Stranderlebnis


Eines heißen Sommertages fand ich im weißen Sand ein kleines Bleipferdchen. Das mochte ein Kind beim Spiel verloren haben – und nun tauchte es auf einmal als etwas Hartes in meinen Fingern auf, im Sand, den ich spielerisch durch meine Hände hatte gleiten lassen. Es war grau und hatte ein possierliches Hintergestell. Ich stellte es auf den Kopf, baute ihm einen Stall – und weil die Sonne schien und ich schließlich gar nichts mehr mit ihm anzufangen wußte, glättete ich mit der Hand eine kleine ebene Fläche und drückte die flache Gestalt des Pferdes darin viele Male hintereinander ab: einmal, zweimal, dreimal, viermal ...

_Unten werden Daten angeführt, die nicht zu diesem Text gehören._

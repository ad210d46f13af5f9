//! Trips whose stop times stand together in the file and in order, as they mostly do: where the rows
//! of each stand, and the times that are filled in there.
ghost use Rattle.std.specs.Prelude.{◌≡◌, ◌<◌, ◌≤◌, ◌^◌, length, All, IfOk, OnOk, IfNone, IfSome, [], true, slice_range};
ghost use Rattle.std.specs.Bool.{OnFalse, OnTrue};
ghost use Rattle.std.specs.List.{list_all};
ghost use Rattle.feed_rows.specs.declared.rows.StopTimeRow.{StopTimeRow};
ghost use Rattle.feed_rows.specs.Calls.{is_timed as is_row_timed};
ghost use Rattle.feed_trips.specs.Filled.{AreFilledUp, AreKept, AreLaid, IsLaid};
ghost use Rattle.feed_trips.specs.Stretches.{AreStretches, GoesOn, IsAnew, IsApart, IsPiece, IsPutAt, IsScattered, IsStretchBefore};

use crate::passes::fill_times;
use feed_rows::StopTimeRow;
use std::alloc::{AllocError, Global};
use trip_order::is_timed;

/// Where the rows of a trip stand: from a place, and up to the place after the last.
#[derive(Clone, Copy)]
pub struct Stretch {
    pub from: u32,
    pub to: u32,
}

/// Where the rows of each trip stand, and the times that are filled in beside them.
#[derive(Drop)]
pub struct Together {
    pub stretches: Vec<Stretch>,
    /// Beside each row without a time the one that is filled in, and 0 beside others; empty where each
    /// row has a time.
    pub times: Vec<u32>,
}

// Whether the row at a place goes on with the row before it: it is of the same trip, and its sequence isn't less. The
// first row does.
fn goes_on(rows: &[StopTimeRow], place: usize) -> bool
    requires { place < length rows.now }
    ensures on { OnTrue result (GoesOn rows.now place) }
    ensures anew { OnFalse result (IsAnew rows.now place) }
{
    if place == 0 {
        return true;
    }
    let before = rows[place - 1];
    let row = rows[place];
    before.trip.0 == row.trip.0 && before.sequence <= row.sequence
}

// Where the rows of a row's trip stand, as far as they were put.
fn stretch_of(stretches: &[Stretch], rows: &[StopTimeRow], place: usize, trips: usize) -> Stretch
    requires within { All (λ (r : StopTimeRow). r.trip.0 < trips) rows.now }
    requires inside { place < length rows.now }
    requires count { length stretches.now ≡ trips }
    ensures { IsStretchBefore rows.now place stretches.now result }
{
    stretches[rows[place].trip.0 as usize]
}

// Puts a piece of rows, from a place and up to another, as the stretch of their trip, which was this one before. False where
// the trip has rows before.
fn put_piece(
    stretches: &mut Vec<Stretch>,
    rows: &[StopTimeRow],
    from: usize,
    to: usize,
    trips: usize,
    stretch: Stretch,
) -> bool
    requires within { All (λ (r : StopTimeRow). r.trip.0 < trips) rows.now }
    requires few { length rows.now < 2 ^ 32 }
    requires piece { IsPiece rows.now from to }
    requires before { AreStretches rows.now from trips stretches.old.items }
    requires stretch { IsStretchBefore rows.now from stretches.old.items stretch }
    ensures put { OnTrue result (AreStretches rows.now to trips stretches.new.items) }
    ensures set { OnTrue result (IsPutAt rows.now from to stretches.old.items stretches.new.items) }
    ensures apart { OnFalse result (IsApart rows.now from stretches.old.items) }
{
    if stretch.from != stretch.to {
        return false;
    }
    stretches[rows[from].trip.0 as usize] = Stretch {
        from: from as u32,
        to: to as u32,
    };
    true
}

// Whether each row has a time.
fn are_timed(rows: &[StopTimeRow]) -> bool
    ensures { result ≡ list_all is_row_timed rows.now }
{
    rows.iter().all(|row| is_timed(*row))
}

// Lays the times of a piece beside it, and none where each of its rows has one.
fn lay_piece(
    times: &mut Vec<u32>,
    rows: &[StopTimeRow],
    from: usize,
    to: usize,
) -> Result<(), AllocError>
    requires forward { from ≤ to }
    requires within { to ≤ length rows.now }
    requires few { length rows.now < 2 ^ 32 }
    requires before { length times.old.items ≤ from }
    ensures { OnOk result (IsLaid rows.now from to times.old.items times.new.items) }
{
    let piece = &rows[from..to];
    if are_timed(piece) {
        return Ok(());
    }
    // Room for all rows at once, as most later pieces need some too.
    times.reserve(rows.len() - times.len())?;
    times.resize(to, 0)?;
    fill_times(times, from, piece);
    Ok(())
}

impl Together {
    // Puts a piece of rows, from a place and up to another, with its times, where its trip had this stretch before. False where
    // the trip has rows before.
    fn put(
        &mut self,
        rows: &[StopTimeRow],
        from: usize,
        to: usize,
        trips: usize,
        stretch: Stretch,
    ) -> Result<bool, AllocError>
        requires within { All (λ (r : StopTimeRow). r.trip.0 < trips) rows.now }
        requires few { length rows.now < 2 ^ 32 }
        requires piece { IsPiece rows.now from to }
        requires before { AreStretches rows.now from trips self.old.stretches.items }
        requires laid { AreLaid rows.now from self.old.stretches.items self.old.times.items }
        requires stretch { IsStretchBefore rows.now from self.old.stretches.items stretch }
        ensures put { IfOk result (λ is_put. OnTrue is_put (AreStretches rows.now to trips self.new.stretches.items)) }
        ensures beside { IfOk result (λ is_put. OnTrue is_put (AreLaid rows.now to self.new.stretches.items self.new.times.items)) }
        ensures apart { IfOk result (λ is_put. OnFalse is_put (IsApart rows.now from self.old.stretches.items)) }
    {
        if !put_piece(&mut self.stretches, rows, from, to, trips, stretch) {
            return Ok(false);
        }
        lay_piece(&mut self.times, rows, from, to)?;
        Ok(true)
    }

    // Puts the rows in pieces, each as the stretch of its trip, of which none has one yet. False where some row doesn't follow
    // those of its trip before it.
    fn put_all(&mut self, rows: &[StopTimeRow], trips: usize) -> Result<bool, AllocError>
        requires within { All (λ (r : StopTimeRow). r.trip.0 < trips) rows.now }
        requires few { length rows.now < 2 ^ 32 }
        requires before { AreStretches rows.now 0 trips self.old.stretches.items }
        requires laid { AreLaid rows.now 0 self.old.stretches.items self.old.times.items }
        requires first { IsStretchBefore rows.now 0 self.old.stretches.items (record { from = 0; to = 0 }) }
        ensures put { IfOk result (λ is_put. OnTrue is_put (AreStretches rows.now (length rows.now) trips self.new.stretches.items)) }
        ensures beside { IfOk result (λ is_put. OnTrue is_put (AreLaid rows.now (length rows.now) self.new.stretches.items self.new.times.items)) }
        ensures scattered { IfOk result (λ is_put. OnFalse is_put (IsScattered rows.now trips)) }
    {
        let mut from = 0;
        // What is asked of a piece as it ends is read as it begins, so that no memory is waited for.
        let mut stretch = Stretch { from: 0, to: 0 };
        for place in 0..rows.len() {
            if !goes_on(rows, place) {
                if !self.put(rows, from, place, trips, stretch)? {
                    return Ok(false);
                }
                from = place;
                stretch = stretch_of(&self.stretches, rows, from, trips);
            }
        }
        if from == rows.len() {
            return Ok(true);
        }
        self.put(rows, from, rows.len(), trips, stretch)
    }
}

// Fills the times up, so that there is one beside each row, where there are any.
fn fill_up(times: &mut Vec<u32>, rows: usize) -> Result<(), AllocError>
    requires { length times.old.items ≤ rows }
    ensures { OnOk result (AreFilledUp rows times.old.items times.new.items) }
{
    if !times.is_empty() {
        times.resize(rows, 0)?;
    }
    Ok(())
}

/// Where the rows of each trip stand, if those of each stand together and in order of their sequence, and the times that are
/// filled in there; none only where some row doesn't follow those of its trip before it.
///
/// # Errors
/// Want of memory.
pub fn together_of(
    alloc: Global,
    rows: &[StopTimeRow],
    trips: usize,
) -> Result<Option<Together>, AllocError>
    requires within { All (λ (r : StopTimeRow). r.trip.0 < trips) rows.now }
    requires few { length rows.now < 2 ^ 32 }
    ensures together { IfOk result (λ found. IfSome found (λ found. AreStretches rows.now (length rows.now) trips found.stretches.items)) }
    ensures kept { IfOk result (λ found. IfSome found (λ found. AreKept rows.now found.stretches.items found.times.items)) }
    ensures none { IfOk result (λ found. IfSome found (λ found. list_all is_row_timed rows.now ≡ true → found.times.items ≡ [])) }
    ensures scattered { IfOk result (λ found. IfNone found (IsScattered rows.now trips)) }
{
    let mut found = Together {
        stretches: vec![in alloc; Stretch { from: 0, to: 0 }; trips]?,
        times: Vec::new(alloc),
    };
    if !found.put_all(rows, trips)? {
        return Ok(None);
    }
    fill_up(&mut found.times, rows.len())?;
    Ok(Some(found))
}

»Weißt du, was du da machst?« fragte mein gelehrter Freund Jakopp. »Nein«, sagte ich verwundert. »Du ahmst dem alten Gutenberg nach – so hat der auch angefangen: eine starre Form und dann ihr unveränderter Abklatsch. Das da, deine Figuren im Sande – sie sind die Anfänge der Druckschrift, des Buches, der Presse.«

Und ich sah mir die weiße Sandfläche an mit den vielen Pferdchenabdrücken – eins, zwei, drei, vier – und ich sah auf das eine Pferdchen in meiner Hand und dachte so, wie ich mühelos und mit ein paar Griffen aus einem Tier vier gemacht hatte ...

Und da wußte ich, dass Jakopp recht hatte: das war wirklich das Wesen der Presse.

 

 

Peter Panter

Die Weltbühne, 30.09.1920, Nr. 40, S. 375.